$$∫\sin(x)\cos(x)dx$$ My question is: why are there 2 answers for this integral?
Could someone Explain Please.
thanks
This is just a question on indefinite integration, and if your two answer hase a difference of a constant, they are both possible answers.
But i found that your two answers are not in that case, taht means you at least made a mistake in one of them.
And i got you have made mistake in the second method.
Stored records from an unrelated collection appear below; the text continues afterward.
// Walks about a vertex: what splitting pinched vertices does to one fan. A walk makes at most as many turns as there are half-edges,
// and stops at home.
#![tactic(auto)]

ghost use Rattle.std.specs.Prelude.{◌≡◌, ◌+◌, ◌<◌, ◌^◌, length, Option, Some};
ghost use Rattle.numbers.specs.Numbers.{halfedge_number, vertex_number};
ghost use Rattle.rows.specs.Triples.{lent_triples, triple, put_triple};
ghost use Rattle.net.specs.Sound.{partner, turn, Live};
ghost use Rattle.turning.specs.Walk.{walk};
ghost use Rattle.splitting.specs.inner.Needs.{Round};
ghost use Rattle.splitting.specs.Steps.{relabel, relabel_walk};
ghost use Rattle.ordering.specs.inner.Order.{order_walk};
ghost use Rattle.ordering.specs.inner.Needs.{FanOrder};

use numbers::{Halfedge, Vertex};

// The partner of a live half-edge, which is there.
fn partner_of(rows: &[i32], h: Halfedge, halfedges: usize) -> Halfedge
    requires round { Round halfedges rows.now }
    requires live { Live halfedges rows.now (halfedge_number h) }
    ensures there { halfedge_number result ≡ partner rows.now (halfedge_number h) }
    ensures in_use { halfedge_number result < halfedges }
{
    rows::halfedges::pair_known(rows, h)
}

// One turn about the start of a live half-edge.
fn turn_of(rows: &[i32], h: Halfedge, halfedges: usize) -> Halfedge
    requires round { Round halfedges rows.now }
    requires live { Live halfedges rows.now (halfedge_number h) }
    ensures turned { halfedge_number result ≡ turn rows.now (halfedge_number h) }
    ensures in_use { halfedge_number result < halfedges }
{
    partner_of(rows, h, halfedges).next()
}

// Puts the half-edges of the fan of i into the order, from place `steps` on: the place behind them, or None where the fan does not close,
// which cannot come here.
pub fn order_fan(
    rows: &[i32],
    work: &mut [u32],
    halfedges: usize,
    i: Halfedge,
    first: bool,
    steps: usize,
) -> Option<usize>
    requires { FanOrder halfedges rows.now work.old (halfedge_number i) steps }
    ensures ordered { work.new ≡ order_walk first (halfedge_number i) steps (walk (turn rows.now) halfedges (halfedge_number i) (halfedge_number i)) work.old }
    ensures behind { result ≡ Some (steps + length (walk (turn rows.now) halfedges (halfedge_number i) (halfedge_number i))) }
{
    let home = i.number();
    let mut c = i;
    for k in steps..steps + halfedges {
        c = turn_of(rows, c, halfedges);
        let here = c.number();
        workentries::see(work, here);
        if here == home {
            workentries::place(work, k, workentries::last_entry(first, here));
            return Some(k + 1);
        }
        workentries::place(work, k, here);
    }
    None
}

// Sets x on the start of c and the end of its partner.
fn relabel_at(rows: &mut [i32], halfedges: usize, c: Halfedge, x: Vertex)
    requires round { Round halfedges rows.old }
    requires live { Live halfedges rows.old (halfedge_number c) }
    requires small { vertex_number x < 2 ^ 31 }
    ensures { rows.new ≡ relabel (vertex_number x) (halfedge_number c) rows.old }
{
    let p = partner_of(rows, c, halfedges);
    rows::halfedges::set_start(rows, c, x);
    rows::halfedges::set_end(rows, p, x);
}

// Sets x on every start in the fan of i and on the end of every partner.
fn relabel_fan(rows: &mut [i32], halfedges: usize, i: Halfedge, x: Vertex)
    requires round { Round halfedges rows.old }
    requires live { Live halfedges rows.old (halfedge_number i) }
    requires small { vertex_number x < 2 ^ 31 }
    ensures { rows.new ≡ relabel_walk (vertex_number x) (walk (turn rows.old) halfedges (halfedge_number i) (halfedge_number i)) rows.old }
{
    let mut c = i;
    for _ in 0..halfedges {
        c = turn_of(rows, c, halfedges);
        relabel_at(rows, halfedges, c, x);
        if c == i {
            return;
        }
    }
}

// The fan of i gets a copy of v, appended behind `used` vertices.
pub fn copy_fan(
    rows: &mut [i32],
    positions: &mut [u64],
    halfedges: usize,
    used: usize,
    i: Halfedge,
    v: Vertex,
)
    requires round { Round halfedges rows.old }
    requires live { Live halfedges rows.old (halfedge_number i) }
    requires read { vertex_number v < lent_triples positions.old }
    requires room { used < lent_triples positions.old }
    requires small { used < 2 ^ 31 }
    ensures relabelled { rows.new ≡ relabel_walk used (walk (turn rows.old) halfedges (halfedge_number i) (halfedge_number i)) rows.old }
    ensures copied { positions.new ≡ put_triple used (triple positions.old (vertex_number v)) positions.old }
{
    let p = rows::triples::position_of(positions, v);
    let x = rows::triples::append_position(positions, used, p);
    relabel_fan(rows, halfedges, i, x);
}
$\begin{aligned}&=\int sin(x)cos(x)dx\\&=\int \frac{2sin(x)cos(x)}{2}dx\\&=\int\frac{sin(2x)}{2}dx\\&=\int\frac{sin(2x)}{4}2dx\\&=\int\frac{sin(2x)}{4}d2x\\&=-\frac{cos(2x)}{4}+c\end{aligned}$
And i think your first answer is right.
So i will check if they really have a difference as a constant.
$\begin{aligned}differnce&=\frac{sin^2(x)}{2}-[-\frac{cos(2x)}{4}]\\&=\frac{sin^2(x)}{2}+\frac{cos(2x)}{4}\\&=\frac{sin^2(x)}{2}+\frac{1-2sin^2(x)}{4}\\&=\frac{1}{4}\end{aligned}$
I hope it will help.
welcome to MSE ;For the first one $y_1=\int =\frac{\sin^2 x}{2}+c_1$
for the second one $y_2=\int = \frac {\cos (2x)}{4}+c_2$ now if you take it right , there must be $$(y_1-y_2)'=0$$ id it true ?
$$(y_1-y_2)'=(\frac{\sin^2 x}{2}+c_1-(\frac {-\cos (2x)}{4}+c_2))'=\\
(\frac{2\sin x \cos x}{2}+0-(\frac{+2\sin2x }{4}+0))\\=(\sin x \cos x -\frac{4\sin x \cos x}{4})\\=0$$
Hint
$2\cos{x}\sin{x}=\sin{2x}\Leftrightarrow \cos{x}\sin{x}=\frac{\sin{2x}}{2}$
Hence
$\int\cos{x}\sin{x}\ dx=\int\frac{\sin{2x}}{2}\ dx $